[Raw data]:
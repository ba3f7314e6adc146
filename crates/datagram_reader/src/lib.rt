// CCFB packet k of a datagram, checked as the reader checks a packet. It accepts any octets, and answers or gives the
// first refusal. All headers are checked first, those after packet k too.
#![tactic(auto)]

ghost use Rattle.std.specs.Prelude.{◌≤◌, ◌≡◌, length};
ghost use Rattle.datagram.specs.Walk.{packet_end, packet_part, packets_from, packets_of};
ghost use Rattle.datagram_reader.specs.Reading.{located_feedback, lent_part, read_feedback, read_part};
ghost use Rattle.datagram_reader.specs.Steps.{found_before_of};

use datagram::RtcpPacket;
use refusal::Refusal;

// A packet that was found, if the rest of the datagram is packets too.
#[tactic(auto, using(crate::proofs::Answers::found_sound))]
fn found_in_whole(datagram: &[u8], p: RtcpPacket) -> Result<RtcpPacket, Refusal>
    requires within { packet_end p ≤ length datagram.now }
    ensures value { result ≡ found_before_of p (packets_from datagram.now (packet_end p)) }
{
    datagram_count::count_from(datagram, p.at + p.size)?;
    Ok(p)
}

// CCFB packet k of a datagram, by the headers.
#[tactic(auto, using(crate::proofs::Answers::searches))]
fn locate(datagram: &[u8], k: usize) -> Result<RtcpPacket, Refusal>
    ensures value { result ≡ located_feedback (packets_of datagram.now) k }
{
    let mut at = 0;
    let mut left = k;
    while let Some(p) = datagram_walk::next_packet(datagram, at)? {
        if datagram_count::is_ccfb(p.packet_type, p.format) {
            if left == 0 {
                return found_in_whole(datagram, p);
            }
            left -= 1;
        }
        at = p.at + p.size;
    }
    Err(Refusal::NoPacket)
}

// The octets of a packet of a datagram.
fn part_of<'a>(datagram: &'a [u8], p: RtcpPacket) -> &'a [u8]
    requires within { packet_end p ≤ length datagram.now }
    ensures part { result.now ≡ packet_part datagram.now p }
{
    &datagram[p.at..p.at + p.size]
}

// CCFB packet k, from 0, of a datagram: where it stands.
#[tactic(auto, using(crate::proofs::Answers::accepted_sound, crate::proofs::Within::located_within))]
pub fn feedback(datagram: &[u8], k: usize) -> Result<RtcpPacket, Refusal>
    ensures value { result ≡ read_feedback datagram.now k }
{
    let p = locate(datagram, k)?;
    reader::read(part_of(datagram, p))?;
    Ok(p)
}

// The part of the datagram that is CCFB packet k, from 0.
#[tactic(auto, using(crate::proofs::Within::feedback_within))]
pub fn feedback_part<'a>(datagram: &'a [u8], k: usize) -> Result<&'a [u8], Refusal>
    ensures part { lent_part result ≡ read_part datagram.now k }
{
    Ok(part_of(datagram, feedback(datagram, k)?))
}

[Work task]:
In the records above, locate every line with the string "usize" and copy it.

[Solution]:
fn locate(datagram: &[u8], k: usize) -> Result<RtcpPacket, Refusal>
pub fn feedback(datagram: &[u8], k: usize) -> Result<RtcpPacket, Refusal>
pub fn feedback_part<'a>(datagram: &'a [u8], k: usize) -> Result<&'a [u8], Refusal>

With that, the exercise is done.